In Pan, Badawi and Cetin, (2020), built a SVM classifier that is trained and evaluated using descriptors extracted from video data that contains smoke and objects colored by smoke [11].

In Gunay et al., (2012), suggested a deep CNN that may be used to detect wildfires using cameras. In order to improve the fire detection rate, they train the neural network using transfer learning and use a window-based analytic technique [12].

In Elshennawy and Ibrahim, (2020), EADF, an online adaptive decision fusion framework based on entropy functions, has been created for use in computer vision and image analysis [13].

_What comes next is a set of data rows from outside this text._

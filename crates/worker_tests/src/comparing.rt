//! Tests compare by these calls, so that the messages about different numbers are proved only
//! once.
ghost use Rattle.std.specs.Prelude.{◌≡◌};

use std::process::Abort;

/// Compares two counts.
pub(crate) fn same(rt: &impl Abort, found: u64, want: u64, what: &str)
    ensures { found ≡ want }
{
    assert!(rt; found == want, "{what}");
}

/// Ends the test if this does not hold at a place.
pub(crate) fn is_so(rt: &impl Abort, holds: bool, what: &str, place: u32) {
    assert!(rt; holds, "{what} {place}");
}

/// Compares two numbers at a place.
pub(crate) fn same_at(rt: &impl Abort, found: u32, want: u32, what: &str, place: u64) {
    assert!(rt; found == want, "{what} {place}");
}
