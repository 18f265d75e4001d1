//! The values of `test_instances`. If one is missing, the test ends at once. So no test returns
//! early while it owns such a value.
use std::process::Abort;
use std::test::Fail;

/// The value that was made. Ends the test if there is none.
pub(crate) fn made<T>(rt: &impl Abort, made: Result<T, Fail>) -> T {
    match made {
        Ok(made) => made,
        Err(_) => panic!(rt; "a table that is none of an instance"),
    }
}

While the existing studies provide a number of methods for detecting forest fires, our suggested model seeks to fill several significant gaps in the literature. To deal with such a wide variety of data types as photos and meteorological data, however, a unified model is required that leverages the best features of deep learning architectures such as Hybrid (ResNet152V2 and InceptionV3) model and efficient preprocessing methods. Some studies also fall short in terms of achieving high precision, recall, and accuracy all at once, or they evaluate model performance using just a subset of available measures. Our suggested model aims to fill these gaps by providing a cohesive and powerful solution, using the strength of ResNet152V2 and InceptionV3 for precise feature extraction and classification.

3 Methodology

The research strategy, problem statement, and sequential procedures that made up the study’s methodology are covered in this part. Also included are step-by-step instructions for developing an algorithm and a comprehensive flow diagram of the whole research process.

3.1 Problem statement

Wildfires pose a serious risk to ecosystems and wild-life. Due to rapid climate change, several natural catastrophes of the FF variety have polluted the environment and depleted natural resources [14].

As a result of DL and other ML developments, it is now possible to apply novel methods to the analysis of massive datasets and to previously impossible-to-predict scenarios. DeepFire in the forest is one of our day’s most talked-about environmental concerns. The intricacy and unavailability of key elements like humidity, wind speed, etc., mean still have no definitive answers. By utilizing DL, one may sidestep these chalenges and discover answers with only visual data.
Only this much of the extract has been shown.